--- Supplied records Enclosed Below ---

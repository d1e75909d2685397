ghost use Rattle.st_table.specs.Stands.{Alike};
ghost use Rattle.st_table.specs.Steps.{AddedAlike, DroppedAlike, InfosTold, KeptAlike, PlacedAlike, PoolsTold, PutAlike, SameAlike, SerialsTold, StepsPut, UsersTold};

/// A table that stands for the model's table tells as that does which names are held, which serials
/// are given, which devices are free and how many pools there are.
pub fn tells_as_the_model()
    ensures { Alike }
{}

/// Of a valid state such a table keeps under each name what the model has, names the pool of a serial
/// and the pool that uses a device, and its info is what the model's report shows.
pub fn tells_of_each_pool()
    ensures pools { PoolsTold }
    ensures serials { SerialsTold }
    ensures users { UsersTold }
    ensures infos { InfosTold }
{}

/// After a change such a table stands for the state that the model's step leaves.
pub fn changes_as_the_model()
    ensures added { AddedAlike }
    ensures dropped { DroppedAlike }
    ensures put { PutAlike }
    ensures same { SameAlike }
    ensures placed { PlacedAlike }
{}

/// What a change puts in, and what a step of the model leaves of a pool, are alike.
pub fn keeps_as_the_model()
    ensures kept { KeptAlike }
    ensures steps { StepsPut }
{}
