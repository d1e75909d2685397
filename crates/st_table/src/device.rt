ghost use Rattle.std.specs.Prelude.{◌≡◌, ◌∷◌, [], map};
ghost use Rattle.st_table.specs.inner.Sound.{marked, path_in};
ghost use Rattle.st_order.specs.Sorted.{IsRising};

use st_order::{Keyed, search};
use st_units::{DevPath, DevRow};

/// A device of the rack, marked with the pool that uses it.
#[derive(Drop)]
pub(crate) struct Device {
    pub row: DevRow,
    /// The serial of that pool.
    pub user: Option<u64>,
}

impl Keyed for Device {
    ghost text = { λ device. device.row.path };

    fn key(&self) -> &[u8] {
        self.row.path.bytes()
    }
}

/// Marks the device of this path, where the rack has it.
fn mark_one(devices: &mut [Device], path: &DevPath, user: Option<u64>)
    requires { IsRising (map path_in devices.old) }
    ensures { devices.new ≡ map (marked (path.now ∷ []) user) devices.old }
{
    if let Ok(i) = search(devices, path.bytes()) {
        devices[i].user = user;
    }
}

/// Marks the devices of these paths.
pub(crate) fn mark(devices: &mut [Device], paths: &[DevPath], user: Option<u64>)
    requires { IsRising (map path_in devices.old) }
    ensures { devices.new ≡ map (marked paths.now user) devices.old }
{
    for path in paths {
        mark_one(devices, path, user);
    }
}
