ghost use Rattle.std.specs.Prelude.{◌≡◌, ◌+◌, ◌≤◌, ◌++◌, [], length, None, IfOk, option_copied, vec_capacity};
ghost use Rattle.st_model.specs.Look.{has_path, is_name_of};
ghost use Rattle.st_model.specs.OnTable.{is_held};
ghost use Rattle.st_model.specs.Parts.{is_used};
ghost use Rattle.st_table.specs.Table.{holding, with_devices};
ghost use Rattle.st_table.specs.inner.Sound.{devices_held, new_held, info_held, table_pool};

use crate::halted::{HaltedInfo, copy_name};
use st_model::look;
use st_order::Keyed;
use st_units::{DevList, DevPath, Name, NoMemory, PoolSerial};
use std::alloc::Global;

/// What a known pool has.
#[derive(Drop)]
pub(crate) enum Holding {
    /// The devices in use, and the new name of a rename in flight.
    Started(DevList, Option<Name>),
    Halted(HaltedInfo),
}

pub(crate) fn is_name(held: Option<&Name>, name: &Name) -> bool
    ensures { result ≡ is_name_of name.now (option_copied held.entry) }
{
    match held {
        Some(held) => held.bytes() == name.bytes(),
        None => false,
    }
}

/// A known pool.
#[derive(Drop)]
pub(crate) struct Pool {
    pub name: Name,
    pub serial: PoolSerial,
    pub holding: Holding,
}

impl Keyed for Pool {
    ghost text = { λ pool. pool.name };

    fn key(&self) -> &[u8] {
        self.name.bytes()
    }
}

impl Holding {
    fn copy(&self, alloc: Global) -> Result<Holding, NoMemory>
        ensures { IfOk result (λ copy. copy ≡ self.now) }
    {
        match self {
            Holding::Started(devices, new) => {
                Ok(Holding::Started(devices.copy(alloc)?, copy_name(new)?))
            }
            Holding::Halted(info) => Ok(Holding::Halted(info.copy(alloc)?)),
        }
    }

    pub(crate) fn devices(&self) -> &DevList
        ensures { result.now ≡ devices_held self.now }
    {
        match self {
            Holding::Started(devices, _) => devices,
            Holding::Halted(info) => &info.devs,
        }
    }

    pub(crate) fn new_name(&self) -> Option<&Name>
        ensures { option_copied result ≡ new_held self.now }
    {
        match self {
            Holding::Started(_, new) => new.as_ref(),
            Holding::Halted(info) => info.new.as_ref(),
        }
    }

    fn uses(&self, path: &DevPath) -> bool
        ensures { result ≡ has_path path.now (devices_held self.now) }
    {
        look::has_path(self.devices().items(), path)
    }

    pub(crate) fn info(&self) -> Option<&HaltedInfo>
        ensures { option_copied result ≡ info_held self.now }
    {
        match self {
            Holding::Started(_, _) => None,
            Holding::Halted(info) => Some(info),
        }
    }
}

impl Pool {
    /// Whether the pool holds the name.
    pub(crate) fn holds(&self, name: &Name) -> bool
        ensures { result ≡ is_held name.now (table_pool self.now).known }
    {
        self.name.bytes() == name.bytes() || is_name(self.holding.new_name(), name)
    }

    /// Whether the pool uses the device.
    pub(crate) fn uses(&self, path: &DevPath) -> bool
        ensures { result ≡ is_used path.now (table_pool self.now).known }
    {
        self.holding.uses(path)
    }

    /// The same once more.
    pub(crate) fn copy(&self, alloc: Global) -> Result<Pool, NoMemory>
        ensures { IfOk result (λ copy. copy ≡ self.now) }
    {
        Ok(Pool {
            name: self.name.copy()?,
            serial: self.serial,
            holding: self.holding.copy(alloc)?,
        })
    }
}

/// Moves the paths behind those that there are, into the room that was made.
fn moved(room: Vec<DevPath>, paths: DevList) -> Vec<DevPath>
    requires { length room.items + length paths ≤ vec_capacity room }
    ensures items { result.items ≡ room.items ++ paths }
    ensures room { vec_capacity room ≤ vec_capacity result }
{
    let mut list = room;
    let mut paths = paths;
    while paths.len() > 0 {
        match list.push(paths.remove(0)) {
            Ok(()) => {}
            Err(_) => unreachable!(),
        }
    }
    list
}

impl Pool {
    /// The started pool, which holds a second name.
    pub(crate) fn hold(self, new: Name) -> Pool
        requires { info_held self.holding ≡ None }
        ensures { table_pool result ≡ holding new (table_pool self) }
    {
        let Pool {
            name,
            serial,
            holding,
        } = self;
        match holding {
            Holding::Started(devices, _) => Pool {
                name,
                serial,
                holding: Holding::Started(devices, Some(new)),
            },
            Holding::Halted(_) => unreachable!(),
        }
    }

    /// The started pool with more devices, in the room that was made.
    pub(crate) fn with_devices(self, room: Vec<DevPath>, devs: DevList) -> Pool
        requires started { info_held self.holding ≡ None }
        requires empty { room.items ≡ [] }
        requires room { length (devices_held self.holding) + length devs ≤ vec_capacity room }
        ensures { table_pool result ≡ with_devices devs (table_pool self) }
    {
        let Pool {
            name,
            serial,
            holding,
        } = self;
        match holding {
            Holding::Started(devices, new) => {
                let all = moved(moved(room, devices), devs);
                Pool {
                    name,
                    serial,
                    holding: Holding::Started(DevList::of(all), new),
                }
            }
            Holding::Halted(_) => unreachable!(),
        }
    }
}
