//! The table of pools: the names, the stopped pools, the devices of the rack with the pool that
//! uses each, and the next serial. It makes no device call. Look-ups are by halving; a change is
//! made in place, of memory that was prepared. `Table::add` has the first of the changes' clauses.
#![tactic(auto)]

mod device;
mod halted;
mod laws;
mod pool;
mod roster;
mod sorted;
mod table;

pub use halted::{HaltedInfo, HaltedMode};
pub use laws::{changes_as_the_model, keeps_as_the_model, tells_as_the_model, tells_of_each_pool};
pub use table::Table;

--- End of Enclosed Supplied records ---

→ **What is required**: Show, from the material above, each line that includes the string "rack".

→ **Exercise result**:
/// A device of the rack, marked with the pool that uses it.
/// Marks the device of this path, where the rack has it.
//! The table of pools: the names, the stopped pools, the devices of the rack with the pool that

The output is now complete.